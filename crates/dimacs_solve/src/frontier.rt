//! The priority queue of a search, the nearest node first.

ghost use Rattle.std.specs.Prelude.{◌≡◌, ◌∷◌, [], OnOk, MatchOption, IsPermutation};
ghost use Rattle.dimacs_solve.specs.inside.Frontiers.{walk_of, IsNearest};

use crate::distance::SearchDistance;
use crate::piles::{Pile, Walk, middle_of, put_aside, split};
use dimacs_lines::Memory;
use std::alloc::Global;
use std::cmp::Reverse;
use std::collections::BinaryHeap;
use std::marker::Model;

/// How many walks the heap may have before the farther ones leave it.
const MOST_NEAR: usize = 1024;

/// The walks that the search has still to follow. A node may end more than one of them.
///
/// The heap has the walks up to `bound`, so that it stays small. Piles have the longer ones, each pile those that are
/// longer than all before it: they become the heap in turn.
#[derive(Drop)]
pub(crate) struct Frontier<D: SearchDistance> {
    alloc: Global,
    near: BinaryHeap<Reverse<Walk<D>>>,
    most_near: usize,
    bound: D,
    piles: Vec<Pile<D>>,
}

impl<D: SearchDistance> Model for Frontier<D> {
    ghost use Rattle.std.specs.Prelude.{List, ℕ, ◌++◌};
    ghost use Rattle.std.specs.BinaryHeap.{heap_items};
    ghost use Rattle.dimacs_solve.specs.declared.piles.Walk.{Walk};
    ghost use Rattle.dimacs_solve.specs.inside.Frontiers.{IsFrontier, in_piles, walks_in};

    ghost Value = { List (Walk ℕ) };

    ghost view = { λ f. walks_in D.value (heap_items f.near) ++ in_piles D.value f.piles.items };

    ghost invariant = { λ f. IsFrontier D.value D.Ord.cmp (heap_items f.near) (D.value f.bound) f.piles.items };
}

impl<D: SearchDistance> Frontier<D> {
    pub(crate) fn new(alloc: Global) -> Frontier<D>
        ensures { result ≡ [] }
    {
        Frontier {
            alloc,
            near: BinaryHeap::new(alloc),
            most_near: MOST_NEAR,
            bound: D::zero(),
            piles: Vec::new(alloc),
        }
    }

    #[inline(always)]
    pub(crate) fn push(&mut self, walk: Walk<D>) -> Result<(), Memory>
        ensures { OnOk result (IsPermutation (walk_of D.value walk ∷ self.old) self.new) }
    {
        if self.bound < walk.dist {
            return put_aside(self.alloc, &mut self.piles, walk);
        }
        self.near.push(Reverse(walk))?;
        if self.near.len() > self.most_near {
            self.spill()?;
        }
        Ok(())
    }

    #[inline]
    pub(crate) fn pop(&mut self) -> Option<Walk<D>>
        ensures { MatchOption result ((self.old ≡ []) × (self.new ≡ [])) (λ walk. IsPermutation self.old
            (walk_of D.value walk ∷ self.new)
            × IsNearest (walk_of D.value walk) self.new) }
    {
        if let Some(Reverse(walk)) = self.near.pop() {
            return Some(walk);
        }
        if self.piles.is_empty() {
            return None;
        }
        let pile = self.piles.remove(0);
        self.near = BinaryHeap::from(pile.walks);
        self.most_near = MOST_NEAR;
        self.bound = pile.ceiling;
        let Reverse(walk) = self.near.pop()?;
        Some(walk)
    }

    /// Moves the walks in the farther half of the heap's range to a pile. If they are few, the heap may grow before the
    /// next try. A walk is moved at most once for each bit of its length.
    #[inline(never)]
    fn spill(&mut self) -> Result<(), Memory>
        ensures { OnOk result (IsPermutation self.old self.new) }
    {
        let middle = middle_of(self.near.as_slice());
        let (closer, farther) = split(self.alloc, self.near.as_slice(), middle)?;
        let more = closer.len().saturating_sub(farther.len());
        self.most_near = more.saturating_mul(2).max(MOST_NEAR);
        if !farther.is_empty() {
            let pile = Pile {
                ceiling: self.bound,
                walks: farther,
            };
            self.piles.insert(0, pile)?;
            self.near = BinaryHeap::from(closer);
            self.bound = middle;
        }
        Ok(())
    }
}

══════════════════════════════

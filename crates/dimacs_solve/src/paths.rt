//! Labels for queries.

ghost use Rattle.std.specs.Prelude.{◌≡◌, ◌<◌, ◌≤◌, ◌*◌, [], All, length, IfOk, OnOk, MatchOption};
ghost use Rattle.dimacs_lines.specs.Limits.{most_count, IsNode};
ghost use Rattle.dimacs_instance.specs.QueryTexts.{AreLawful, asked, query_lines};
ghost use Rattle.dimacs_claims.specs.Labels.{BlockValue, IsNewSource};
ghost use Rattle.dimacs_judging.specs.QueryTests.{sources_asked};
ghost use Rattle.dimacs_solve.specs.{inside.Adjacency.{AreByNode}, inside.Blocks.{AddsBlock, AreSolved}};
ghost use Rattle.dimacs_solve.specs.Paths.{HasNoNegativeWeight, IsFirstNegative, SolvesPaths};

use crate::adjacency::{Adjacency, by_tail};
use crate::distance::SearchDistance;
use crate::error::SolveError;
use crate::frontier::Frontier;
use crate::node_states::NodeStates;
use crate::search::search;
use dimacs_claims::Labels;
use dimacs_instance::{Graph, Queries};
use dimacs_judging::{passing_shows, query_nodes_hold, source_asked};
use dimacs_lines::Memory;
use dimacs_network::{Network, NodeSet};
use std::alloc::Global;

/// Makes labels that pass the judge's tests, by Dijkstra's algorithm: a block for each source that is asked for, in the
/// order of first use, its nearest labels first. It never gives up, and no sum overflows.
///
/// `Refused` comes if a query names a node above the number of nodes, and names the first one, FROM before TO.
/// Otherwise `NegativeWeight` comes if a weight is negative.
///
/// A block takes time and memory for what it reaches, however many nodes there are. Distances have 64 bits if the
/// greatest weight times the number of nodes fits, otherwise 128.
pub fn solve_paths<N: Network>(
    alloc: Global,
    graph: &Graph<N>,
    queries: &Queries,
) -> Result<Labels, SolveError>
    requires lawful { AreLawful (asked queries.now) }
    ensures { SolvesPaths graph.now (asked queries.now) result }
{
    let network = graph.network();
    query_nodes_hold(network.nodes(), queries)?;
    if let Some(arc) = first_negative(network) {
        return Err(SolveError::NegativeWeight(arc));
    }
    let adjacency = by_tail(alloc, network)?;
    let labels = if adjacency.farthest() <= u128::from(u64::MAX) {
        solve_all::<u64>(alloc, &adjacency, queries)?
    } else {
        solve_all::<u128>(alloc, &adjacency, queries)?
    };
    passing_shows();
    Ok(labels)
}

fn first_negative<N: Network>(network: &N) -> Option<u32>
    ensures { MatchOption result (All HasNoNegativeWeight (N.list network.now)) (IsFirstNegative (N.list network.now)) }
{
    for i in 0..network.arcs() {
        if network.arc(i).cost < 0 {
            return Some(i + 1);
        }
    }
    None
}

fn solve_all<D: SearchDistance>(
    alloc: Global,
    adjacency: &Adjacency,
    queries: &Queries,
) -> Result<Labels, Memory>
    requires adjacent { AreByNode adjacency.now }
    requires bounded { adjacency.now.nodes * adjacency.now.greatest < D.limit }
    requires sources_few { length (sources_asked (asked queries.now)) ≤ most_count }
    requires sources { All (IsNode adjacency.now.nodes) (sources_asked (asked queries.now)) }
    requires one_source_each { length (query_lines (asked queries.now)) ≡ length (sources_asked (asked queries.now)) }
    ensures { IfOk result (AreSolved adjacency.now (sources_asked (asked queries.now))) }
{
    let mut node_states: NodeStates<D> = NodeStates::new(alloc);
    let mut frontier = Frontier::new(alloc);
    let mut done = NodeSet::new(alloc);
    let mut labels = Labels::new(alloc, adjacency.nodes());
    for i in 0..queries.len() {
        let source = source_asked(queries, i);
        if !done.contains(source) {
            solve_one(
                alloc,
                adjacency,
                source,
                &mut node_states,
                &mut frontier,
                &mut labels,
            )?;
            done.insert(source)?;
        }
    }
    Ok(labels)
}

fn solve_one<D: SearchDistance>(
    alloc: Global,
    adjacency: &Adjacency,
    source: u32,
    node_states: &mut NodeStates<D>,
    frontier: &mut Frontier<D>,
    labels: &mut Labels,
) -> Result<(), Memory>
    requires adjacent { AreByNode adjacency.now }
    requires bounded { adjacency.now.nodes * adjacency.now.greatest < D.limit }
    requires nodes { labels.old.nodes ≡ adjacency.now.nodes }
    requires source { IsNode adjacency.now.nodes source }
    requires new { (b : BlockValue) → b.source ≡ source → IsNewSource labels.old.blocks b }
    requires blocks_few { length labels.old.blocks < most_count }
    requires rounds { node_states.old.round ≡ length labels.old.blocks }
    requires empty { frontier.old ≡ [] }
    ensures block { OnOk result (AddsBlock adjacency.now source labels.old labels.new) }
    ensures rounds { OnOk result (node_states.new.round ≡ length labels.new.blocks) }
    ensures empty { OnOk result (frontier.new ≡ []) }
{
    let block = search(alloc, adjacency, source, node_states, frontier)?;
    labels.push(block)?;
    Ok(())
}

══════════════════════════════

* _Problem requirements_
All lines in the records that contain "SolvesPaths" are to be copied and returned.

* _Response_
ghost use Rattle.dimacs_solve.specs.Paths.{HasNoNegativeWeight, IsFirstNegative, SolvesPaths};
    ensures { SolvesPaths graph.now (asked queries.now) result }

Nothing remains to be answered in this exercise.